My second question of the day and my last attempt to use R to clean up this data. Here's the sitrep:
I have a data frame that has a column which is a POSIXlt date type. I want to extract the day, month and year from that column and create 3 new columns called (cleverly) day, month and year.
The data frame looks like this:
order_id dd_mmm_yy
1 2005-07-28
2 2007-03-04
I want to end up with this:
order_id dd_mmm_yy day month year
1 2005-07-28 28 7 2005
2 2007-03-04 4 3 2007
I've created a function to extract the day, month and year and return them in a list (or data frame, I've tried both).

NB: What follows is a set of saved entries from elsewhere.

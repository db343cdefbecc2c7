//! The archiving of the items of an iterator.
ghost use Rattle.std.specs.Prelude.{◌-◌, ◌^◌, ◌<◌};
ghost use Rattle.std.specs.Iterator.{IsFiniteIterable};
ghost use Rattle.archive_forms_laws.specs.Serializing.{HasState, SerializesBy};
ghost use Rattle.archive_forms_writing.specs.Steps.{StepWrites};
ghost use Rattle.archive_forms_writing.specs.Calls.Iterating.{CollectsItems, StepTakesItems, SerializesItems};

use crate::{Archive, Serialize, serialize_element, serialize_slice_each};
use archive_forms_values::VecResolver;
use archive_shape::{Allocator, Error, Writer};
use std::alloc::Global;
use std::marker::PhantomData;

/// Collects the items of an iterator. Memory is allocated only for the items that the iterator returns. Returns
/// `OutOfMemory` if an allocation fails.
pub fn collect_items<T: Drop, I: IntoIterator<Item = T>>(
    alloc: Global,
    iter: I,
) -> Result<Vec<T>, Error>
    requires { IsFiniteIterable I.into_iter_gives I.IntoIter.can_next I.IntoIter.remaining iter }
    ensures { CollectsItems I.into_iter_gives I.IntoIter.next_gives iter result }
{
    let mut all = Vec::new(alloc);
    for item in iter {
        if all.push(item).is_err() {
            return Err(Error::OutOfMemory);
        }
    }
    Ok(all)
}

/// Writes the items of an iterator: the data of each by the step, and then the items' own bytes. Returns the resolver
/// of their vector.
///
/// Memory is allocated for the items that the iterator returns, not for the `len` items that are claimed. If the
/// iterator returns another number of items than `len`, nothing is written, and the error is `IteratorLengthMismatch`.
pub fn serialize_from_iter_each<
    T: Archive + Drop,
    S: Writer + Allocator,
    I: IntoIterator<Item = T>,
    F: Fn(&T, &mut S) -> Result<(T::Resolver, PhantomData<T::Archived>), Error>,
>(iter: I, len: usize, serializer: &mut S, step: F) -> Result<VecResolver, Error>
    requires room { S.failures serializer.old < 2 ^ 64 - 1 }
    requires state { HasState S.pos S.known serializer.old }
    requires ends { IsFiniteIterable I.into_iter_gives I.IntoIter.can_next I.IntoIter.remaining iter }
    requires takes { StepTakesItems I.into_iter_gives I.IntoIter.next_gives F.Fn S.Writer step iter }
    requires writes { StepWrites F.Fn (λ q. q.0) T.spelling S.Writer step }
    ensures { SerializesItems I.into_iter_gives I.IntoIter.next_gives T.Archived.shape T.spelling S.Writer iter len serializer.old serializer.new result }
{
    let items = collect_items(serializer.memory(), iter)?;
    let actual = items.len();
    if actual != len {
        return Err(Error::IteratorLengthMismatch {
            expected: len,
            actual,
        });
    }
    let pos = serialize_slice_each(items.as_slice(), serializer, step)?;
    Ok(VecResolver { pos })
}

/// Writes the items of an iterator, with their data, as `serialize_from_iter_each` does.
pub fn serialize_from_iter<
    S: Writer + Allocator,
    T: Serialize<S> + Drop,
    I: IntoIterator<Item = T>,
>(iter: I, len: usize, serializer: &mut S) -> Result<VecResolver, Error>
    requires room { S.failures serializer.old < 2 ^ 64 - 1 }
    requires state { HasState S.pos S.known serializer.old }
    requires ends { IsFiniteIterable I.into_iter_gives I.IntoIter.can_next I.IntoIter.remaining iter }
    ensures { SerializesItems I.into_iter_gives I.IntoIter.next_gives T.Archived.shape T.spelling S.Writer iter len serializer.old serializer.new result }
{
    serialize_from_iter_each::<T, S, I, _>(
        iter,
        len,
        serializer,
        |item: &T, s: &mut S| -> Result<(T::Resolver, PhantomData<T::Archived>), Error>
            requires room { S.failures s.old < 2 ^ 64 - 1 }
            requires state { HasState S.pos S.known s.old }
            ensures { SerializesBy (λ q. q.0) T.spelling S.Writer item.now s.old s.new result }
        { serialize_element(item, s) },
    )
}
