//! Reading archived sets back as sets of std.
ghost use Rattle.std.specs.Prelude.{length, IfOk, ⊤};
ghost use Rattle.archive_shape_layout.specs.Shape.Shape.{tree, tuple};
ghost use Rattle.archive_shape_layout.specs.Shape.Shapes.{no_shapes};
ghost use Rattle.archive_forms_laws.specs.Fields.{unit_spelling};
ghost use Rattle.archive_forms_values.specs.Parts.{HasValue, both};
ghost use Rattle.archive_forms.specs.Deserializing.{Deserializes, DeserializesBy};
ghost use Rattle.archive_forms.specs.Reading.{reads_as};
ghost use Rattle.archive_forms.specs.Steps.{StepTakes, StepReads};
ghost use Rattle.archive_btree_maps.specs.Sets.{HasSet};
ghost use Rattle.archive_btree.specs.Owned.{key_entries};
ghost use Rattle.archive_btree.specs.ReadBack.{reads_map};

use crate::OwnedBTreeSet;
use archive_btree_maps::{ArchivedBTreeMap, ArchivedBTreeSet};
use archive_forms::{Deserialize, Deserializer, ReadBack, deserialize_element};
use archive_forms_writing::Archive;
use archive_shape::{Error, Ref};
use std::alloc::Global;
use std::collections::BTreeSet;
use std::marker::PhantomData;

/// Reads a set back, whose keys are read by a step. They are inserted in turn: the archive of a set that was checked
/// may have keys that do not ascend, or equal ones, of which the first one remains.
///
/// # Errors
///
/// - `OutOfMemory` if the allocation of a key of the set fails.
/// - Any error of the step.
pub fn deserialize_set_each<
    K: Archive + Ord + Drop,
    A: ReadBack<K>,
    D: Deserializer,
    F: Fn(&mut D, usize) -> Result<(K, PhantomData<K::Archived>), Error>,
    const E: usize,
>(
    this: Ref<'_, ArchivedBTreeSet<A, E>>,
    alloc: Global,
    deserializer: &mut D,
    read_key: F,
) -> Result<OwnedBTreeSet<K, E>, Error>
    requires there { HasSet E A.shape A.knows this.bytes.now this.pos }
    requires kept { D.is_of deserializer.old this.bytes.now }
    requires takes_key { StepTakes F.Fn read_key A.shape A.knows D.is_of this.bytes.now
        (length this.bytes.now) }
    requires reads_key { StepReads F.Fn read_key A.shape A.knows D.is_of this.bytes.now (λ q. q.0) A.reads }
    ensures value { Deserializes (reads_map K.cmp (λ s. key_entries s.set.keys) A.reads
        (reads_as unit_spelling)) (tree E A.shape (tuple no_shapes)) (both A.knows (λ _. ⊤))
        this.entry.bytes.now this.entry.pos result }
    ensures keeps { IfOk result (λ _. D.is_of deserializer.new this.entry.bytes.now) }
{
    let mut set = BTreeSet::new(alloc);
    let map: Ref<'_, ArchivedBTreeMap<A, (), E>> = Ref {
        bytes: this.bytes,
        pos: this.pos,
        of: PhantomData,
    };
    let mut entries = ArchivedBTreeMap::iter(map);
    while let Some((key, _value)) = entries.next() {
        let key = read_key(deserializer, key.pos)?.0;
        if set.insert(key).is_err() {
            return Err(Error::OutOfMemory);
        }
    }
    Ok(OwnedBTreeSet { set })
}

impl<K: Ord, A: ReadBack<K>, const E: usize> ReadBack<OwnedBTreeSet<K, E>>
    for ArchivedBTreeSet<A, E> {
    ghost reads = { reads_map K.cmp (λ s. key_entries s.set.keys) A.reads (reads_as unit_spelling) };
}

impl<K: Archive + Ord + Drop, A: Deserialize<K>, const E: usize> Deserialize<OwnedBTreeSet<K, E>>
    for ArchivedBTreeSet<A, E> {
    type Pool = A::Pool;

    fn deserialize(
        this: &Ref<'_, ArchivedBTreeSet<A, E>>,
        alloc: Global,
        deserializer: &mut A::Pool,
    ) -> Result<OwnedBTreeSet<K, E>, Error> {
        let bytes = this.bytes;
        deserialize_set_each::<K, A, A::Pool, _, E>(
            *this,
            alloc,
            deserializer,
            |d: &mut A::Pool, pos: usize| -> Result<(K, PhantomData<K::Archived>), Error>
                requires there { HasValue A.shape A.knows bytes.now pos }
                requires kept { A.Pool.is_of d.old bytes.now }
                ensures value { DeserializesBy A.reads A.shape A.knows bytes.entry.now pos (λ q. q.0) result }
                ensures keeps { IfOk result (λ _. A.Pool.is_of d.new bytes.entry.now) }
            { deserialize_element::<K, A>(bytes, pos, alloc, d) },
        )
    }
}
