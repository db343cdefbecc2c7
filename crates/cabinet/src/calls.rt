//! Calls for other languages: archives, texts and lines are bytes of the caller, and each call returns a status.

mod asking;
mod building;
mod checking;
mod loading;
mod putting;
mod setting;
mod status;

pub use asking::ask;
pub use building::build;
pub use checking::check;
pub use loading::load;
pub use setting::set;
pub use status::Status;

extractdate = function (date) {
day = format(date, format="%d")
month = format(date, format="%m")
year = format(date, format="%Y")
list(day=day, month=month, year=year)
}
Here's what I've tried based on an earlier problem and question:
cbind(orders, t(sapply(orders$dd_mmm_yy, extractdate)))
which gives me this:
Error in data.frame(..., check.names = FALSE) :
arguments imply differing number of rows: 5, 9
The t(sapply... by itself gives me this for some crazy reason:
day month year
sec Character,5 Character,5 Character,5
min Character,5 Character,5 Character,5
hour Character,5 Character,5 Character,5
mday Character,5 Character,5 Character,5
mon Character,5 Character,5 Character,5
year Character,5 Character,5 Character,5
wday Character,5 Character,5 Character,5
yday Character,5 Character,5 Character,5
isdst Character,5 Character,5 Character,5
What on earth is going on? Am I better off using something like Python or Java to do all the data manipulation I need to do on this data before bringing it into R for analysis?